Erika Techera's article – apart from, but related to, the symposium articles – on shark conservation provides a practical illustration of the value of multiple notions of environmental law, as well as what they may help to illuminate or potentially to conceal. In particular, her contribution reminds us that globalized accounts sometimes overlook the significance of cultural variables, which remain of crucial import especially in developing states.Footnote 20 This coheres with the warning in Natasha Affolder's symposium article regarding the potential ‘perils’ of the GEL approach, which may create its own anxieties about the potential risks of exclusion. Affolder thus calls for globally focused studies to be undertaken with humility and caution.Footnote 21
Techera's analysis of shark conservation in the island states of the Indo-Pacific region concludes that the diverse histories of these states, stretching back across thousands of years of transoceanic settlement, led to broadly divergent beliefs about aquatic life generally and sharks in particular. Contemporary attitudes, far from homogenizing in a modern and globalized melting-pot, remain distinctive and continue to exert contrastive pressures on both state and non-state approaches to shark management. While some Pacific cultures have mythologized sharks and attributed spiritual powers to them, others – such as island societies in the Indian Ocean – have regarded sharks with spiritual indifference, allowing economic factors to drive patterns of shark utilization. ‘Shark sanctuaries’ have emerged in a number of Indo-Pacific island states, but Techera cautions that this common label, often employed in media accounts, obscures a great deal of variation in shark management. A ‘sanctuary’ typically denotes the operation of a stringent area management regime, yet most of the states in Techera's study eschew area-specific rules, choosing instead to address shark management and conservation through fisheries regulation. Here the variation is substantial.

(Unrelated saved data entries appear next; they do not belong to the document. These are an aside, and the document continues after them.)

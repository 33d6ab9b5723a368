//! Checking protections.
ghost use Rattle.std.specs.Prelude.{◌≡◌, ℕ, ◌+◌, ◌^◌, ◌<◌, ◌≤◌, ◌↔◌, length, IfOk, IfSome, IsTrue, Some, None};
ghost use Rattle.std.specs.Option.{option_copied};
ghost use Rattle.asn_types.specs.Algorithm.{algorithm_of};
ghost use Rattle.pbmac_grammar.specs.Pbmac1.{IsPbmac1};
ghost use Rattle.pki_message.specs.Frame.{protected_part};
ghost use Rattle.pki_message.specs.Message.{message_of};
ghost use Rattle.protect.specs.Algorithms.{hss_lms};
ghost use Rattle.protect.specs.Holds.{IsMacAlgorithm, IsMacked, HasOther, HoldsOver, ProtectionHolds};

use crate::fault::CheckFault;
use crate::key::Key;
use asn_types::{AlgorithmId, HSS_LMS};
use cmp_values::{Octets, Short};
use hss_sig::hss_ok;
use pbmac::{MacParams, mac_ok, read_params};
use pbmac_grammar::{params_are_one, params_are_spelled};
use pki_message::{Message, protected_part};
use std::alloc::{AllocError, Global};

/// What the protection of a message is over.
fn part_of(alloc: Global, m: &Message) -> Result<Octets, AllocError>
    requires { length m.now.header_bytes.now + length m.now.body_bytes.now < 2 ^ 32 }
    ensures { IfOk result (λ part. part ≡ protected_part m.now.header_bytes.now m.now.body_bytes.now) }
{
    protected_part(alloc, m.header_bytes, m.body_bytes)
}

/// The parameters of an algorithm that is PBMAC1.
fn params_of(alg: &AlgorithmId) -> Option<MacParams>
    ensures some { IfSome result (λ p. IsPbmac1 (algorithm_of alg.now) p.salt p.rounds) }
    ensures none { (result ≡ None) ↔ (IsMacAlgorithm (algorithm_of alg.now) → ⊥) }
    ensures rounds { IfSome result (λ p. 1 ≤ p.rounds) }
{
    params_are_spelled();
    match read_params(alg) {
        Ok(params) => Some(params),
        Err(_) => None,
    }
}

/// Whether `mac` is the MAC of a part by the parameters of an algorithm.
fn is_mac(secret: &[u8], alg: &AlgorithmId, params: &MacParams, part: &[u8], mac: &[u8]) -> bool
    requires form { IsPbmac1 (algorithm_of alg.now) params.now.salt params.now.rounds }
    requires rounds { 1 ≤ params.now.rounds }
    ensures { IsTrue result ↔ IsMacked secret.now (algorithm_of alg.now) part.now mac.now }
{
    params_are_one();
    mac_ok(secret, params, part, mac)
}

/// Whether the protection of a message with this algorithm is its MAC under a secret.
fn mac_holds(
    alloc: Global,
    m: &Message,
    alg: &AlgorithmId,
    secret: &Short,
) -> Result<bool, CheckFault>
    requires { length m.now.header_bytes.now + length m.now.body_bytes.now < 2 ^ 32 }
    ensures ok { IfOk result (λ b. IsTrue b ↔ HoldsOver (Key.Mac secret.now) (Some (algorithm_of alg.now)) (option_copied m.now.protection) (protected_part m.now.header_bytes.now m.now.body_bytes.now)) }
    ensures bad_alg { (result ≡ Err CheckFault.BadAlg) ↔ HasOther (Key.Mac secret.now) (Some (algorithm_of alg.now)) }
{
    let Some(params) = params_of(alg) else {
        return Err(CheckFault::BadAlg);
    };
    let Some(mac) = m.protection else {
        return Ok(false);
    };
    let part = part_of(alloc, m)?;
    Ok(is_mac(secret.as_slice(), alg, &params, part.as_slice(), mac))
}

/// Whether an algorithm is HSS/LMS without parameters.
#[tactic(auto, unfolding(crate::specs::Algorithms::hss_oid))]
fn is_hss_lms(alg: &AlgorithmId) -> bool
    ensures { IsTrue result ↔ (algorithm_of alg.now ≡ hss_lms) }
{
    alg.oid == HSS_LMS && alg.params.is_none()
}

/// Whether the protection of a message with this algorithm is its signature under a public key.
fn signature_holds(
    alloc: Global,
    m: &Message,
    alg: &AlgorithmId,
    key: &[u8; 60],
) -> Result<bool, CheckFault>
    requires { length m.now.header_bytes.now + length m.now.body_bytes.now < 2 ^ 32 }
    ensures ok { IfOk result (λ b. IsTrue b ↔ HoldsOver (Key.Lms key.now) (Some (algorithm_of alg.now)) (option_copied m.now.protection) (protected_part m.now.header_bytes.now m.now.body_bytes.now)) }
    ensures bad_alg { (result ≡ Err CheckFault.BadAlg) ↔ HasOther (Key.Lms key.now) (Some (algorithm_of alg.now)) }
{
    if !is_hss_lms(alg) {
        return Err(CheckFault::BadAlg);
    }
    let Some(sig) = m.protection else {
        return Ok(false);
    };
    let part = part_of(alloc, m)?;
    Ok(hss_ok(key, part.as_slice(), sig))
}

/// Whether the protection of a message holds under a key (RFC 9810, 5.1.3), over the header and the body as their octets stand in
/// the message. `false` too where no protectionAlg or no protection is there. `BadAlg` where the algorithm is not the key's, or its
/// parameters are not of the form that is accepted; `NoMemory` where memory runs out.
pub fn protection_ok(alloc: Global, m: &Message, key: &Key) -> Result<bool, CheckFault>
    requires { length m.now.header_bytes.now + length m.now.body_bytes.now < 2 ^ 32 }
    ensures ok { IfOk result (λ b. IsTrue b ↔ ProtectionHolds key.now (message_of m.now)) }
    // There is an algorithm, and it is not the key's.
    ensures bad_alg { (result ≡ Err CheckFault.BadAlg) ↔ HasOther key.now (message_of m.now).head.alg }
{
    match m.header.alg {
        None => Ok(false),
        Some(alg) => match key {
            Key::Mac(secret) => mac_holds(alloc, m, &alg, secret),
            Key::Lms(octets) => signature_holds(alloc, m, &alg, octets),
        },
    }
}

Fisheries laws across the region reflect considerably different strategies, evidenced in disparate finning and bycatch rules as well as equipment restrictions. ‘The variances in the laws’, Techera writes, ‘are likely to relate at least in part to underlying cultural diversity, given the history of customs and practices surrounding sharks in the Pacific and the history of shark fishing in the Indian Ocean’.Footnote 22
Following the approach of transnational environmental legal research, Techera's study extends beyond formal, black-letter fisheries rules to consider non-consumptive shark-related policies, including those pertaining to marine tourism and human safety, as well as the issues of implementation, compliance, and enforcement that are crucial to the actual impact of a given management approach. Although Techera takes comfort in the fact that ‘concern for sharks is becoming more widespread’, she acknowledges that the effectiveness of protective policies is still very much in doubt: ‘paper parks and unenforced protection’, she cautions, ‘are of little value’.Footnote 23 Thus subsequent research and policy work must continue to examine the relationship between cultural values and their enhancement of or derogation from conservation objectives.
5. CONCLUSION
The conclusion that transnational environmental law, alongside ‘other’ notions of environmental law, provides valuable pluralism in understanding the complexities of contemporary environmental problems and legal responses may seem an obvious one for editors of a journal like TEL. Nonetheless, the application of a transnational environmental lens, complemented by other environmental law perspectives, offers a fuller picture of issues like the Amazonian forest fires or shark conservation in the Indo-Pacific than conventional categories of state and international law can present. The view that emerges as a consequence is kaleidoscopic, fragmenting and changing with every turn, simultaneously drawing our eye to the whole as well as to distinctive individual parts.